[Opening Provided entries section]
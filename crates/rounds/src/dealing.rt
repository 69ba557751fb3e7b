//! A round begins: its keys are dealt, and its CPUs come into the modules.

ghost use Rattle.std.specs.Prelude.{◌≡◌, ◌<◌, [], All, IfOk, OnOk, length, map, not};
ghost use Rattle.tag_rule.specs.Shown.{Board};
ghost use Rattle.trace_play.specs.Alone.{kept};
ghost use Rattle.round_keys.specs.Handed.{handed, is_handed, with_lives};
ghost use Rattle.round_worker.specs.Kept.{live_of};
ghost use Rattle.round_worker.specs.Parting.{AreKept};
ghost use Rattle.round_worker.specs.Shown.{WorkerShown};
ghost use Rattle.standing.specs.Turning.{knowing};
ghost use Rattle.rounds.specs.Turns.{Begins, IsDealt, IsFirst, Turn};

use crate::Desk;
use lanes::by_cpu;
use module_area::Entry;
use reclaim::Locked;
use round_keys::KeyStore;
use round_modules::{begin, unload_known};
use round_worker::Worker;
use std::alloc::{AllocError, Global};
use trace::OnOp;

/// A desk as a round's lanes begin, with the ops of each, and the modules as the round leaves them.
#[derive(Drop)]
pub(crate) struct Dealt {
    pub desk: Desk,
    pub lanes: Vec<Vec<OnOp>>,
    pub known: Vec<Entry>,
}

impl Desk {
    /// Deals the keys of a round's ops, and lets each CPU into the modules that stay loaded.
    pub(crate) fn deal(self, ops: &[OnOp]) -> Result<Dealt, AllocError>
        requires { Begins ops.now self }
        ensures { (t : Turn) → t.ops ≡ ops.now → IsFirst t self → IfOk result (IsDealt t) }
    {
        let mut desk = self;
        let inside = desk.workers.len();
        let lanes = by_cpu(desk.alloc, inside as u32, ops)?;
        let mut known = entries_of(desk.alloc, &desk.locked)?;
        equip(
            &mut desk.keys,
            ops,
            desk.workers.as_mut_slice(),
            known.as_slice(),
        )?;
        unload_known(ops, known.as_mut_slice());
        begin(
            &mut desk.locked,
            &mut desk.pass,
            desk.cpus.as_mut_slice(),
            inside,
            known.as_slice(),
        );
        Ok(Dealt { desk, lanes, known })
    }
}

// Hands the workers the keys that their ops name, and tells them the modules.
fn equip(
    keys: &mut KeyStore,
    ops: &[OnOp],
    workers: &mut [Worker],
    modules: &[Entry],
) -> Result<(), AllocError>
    requires cpus { All (λ on. on.cpu < length workers.old) ops.now }
    requires none { All (λ (w : WorkerShown). w.live ≡ []) workers.old }
    requires kept { All (λ (w : WorkerShown). AreKept w.board keys.old) workers.old }
    ensures workers { OnOk result (workers.new ≡ map (knowing modules.now) (with_lives (λ cpu. kept (handed ops.now cpu) (live_of keys.old)) workers.old)) }
    ensures rest { OnOk result (live_of keys.new ≡ kept (λ key. not (is_handed ops.now key)) (live_of keys.old)) }
    ensures still { (board : Board) → AreKept board keys.old → OnOk result (AreKept board keys.new) }
{
    keys.hand_out(ops, workers)?;
    tell_all(workers, modules)
}

// The entries of the book.
fn entries_of(alloc: Global, locked: &Locked) -> Result<Vec<Entry>, AllocError>
    ensures { IfOk result (λ entries. entries.items ≡ locked.now.area.entries) }
{
    let book = locked.book();
    let mut entries = Vec::new(alloc);
    for place in 0..book.count() {
        entries.push(book.at(place))?;
    }
    Ok(entries)
}

// Tells each worker the modules.
fn tell_all(workers: &mut [Worker], modules: &[Entry]) -> Result<(), AllocError>
    ensures { OnOk result (workers.new ≡ map (knowing modules.now) workers.old) }
{
    for worker in workers.iter_mut() {
        worker.know(modules)?;
    }
    Ok(())
}
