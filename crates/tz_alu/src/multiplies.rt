//! Multiplications and divisions of registers.

ghost use Rattle.std.specs.Prelude.{◌≡◌, ℕ};
ghost use Rattle.tz_table.specs.declared.units.Side.{Side};
ghost use Rattle.tz_sem.specs.Alu.{traps_division as traps, finish_multiply, finish_multiply_long, finish_divide};
ghost use Rattle.tz_alu.specs.Part.{part, left};

use crate::products::{divide, multiply, multiply_long};
use crate::results::{put, tell_product};
use tz_model::{Fault, Flags, LongOp, MultiplyOp, Outcome};
use tz_regs::register_bits::CCR_DIV_0_TRP;
use tz_regs::{Registers, Stacks};

/// The low word of a product of registers.
pub(crate) fn multiply_registers(
    registers: &mut Registers,
    own: &mut Stacks,
    op: MultiplyOp,
    flags: Flags,
    rd: u8,
    rn: u8,
    rm: u8,
    ra: u8,
) -> Result<Outcome, Fault>
    ensures { (side : Side) (ccr : ℕ) → left side ccr registers.old own.old (finish_multiply op flags rd rn rm ra) ≡ (part side ccr registers.new own.new, result) }
{
    let value = multiply(
        op,
        registers.reg(own, rn),
        registers.reg(own, rm),
        registers.reg(own, ra),
    );
    tell_product(registers, flags, value);
    put(registers, own, rd, value);
    Ok(Outcome::Next)
}

/// A product of registers in two words.
pub(crate) fn multiply_long_registers(
    registers: &mut Registers,
    own: &mut Stacks,
    op: LongOp,
    lo: u8,
    hi: u8,
    rn: u8,
    rm: u8,
) -> Result<Outcome, Fault>
    ensures { (side : Side) (ccr : ℕ) → left side ccr registers.old own.old (finish_multiply_long op lo hi rn rm) ≡ (part side ccr registers.new own.new, result) }
{
    let (low, high) = multiply_long(
        op,
        registers.reg(own, rn),
        registers.reg(own, rm),
        registers.reg(own, lo),
        registers.reg(own, hi),
    );
    put(registers, own, lo, low);
    put(registers, own, hi, high);
    Ok(Outcome::Next)
}

/// CCR.DIV_0_TRP.
fn traps_division(ccr: u32) -> bool
    ensures { result ≡ traps ccr }
{
    ccr / CCR_DIV_0_TRP % 2 == 1
}

/// A quotient of registers. `DivZero` exactly where the divisor is 0 and CCR.DIV_0_TRP is set.
pub(crate) fn divide_registers(
    ccr: u32,
    registers: &mut Registers,
    own: &mut Stacks,
    signed: bool,
    rd: u8,
    rn: u8,
    rm: u8,
) -> Result<Outcome, Fault>
    ensures { (side : Side) → left side ccr registers.old own.old (finish_divide signed rd rn rm) ≡ (part side ccr registers.new own.new, result) }
{
    let divisor = registers.reg(own, rm);
    if traps_division(ccr) && divisor == 0 {
        Err(Fault::DivZero)
    } else {
        let quotient = divide(signed, registers.reg(own, rn), divisor);
        put(registers, own, rd, quotient);
        Ok(Outcome::Next)
    }
}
[Closing Provided entries section]
Work to complete: Show every line from the entries above in which "KeyStore" appears.

Task answer:
use round_keys::KeyStore;
    keys: &mut KeyStore,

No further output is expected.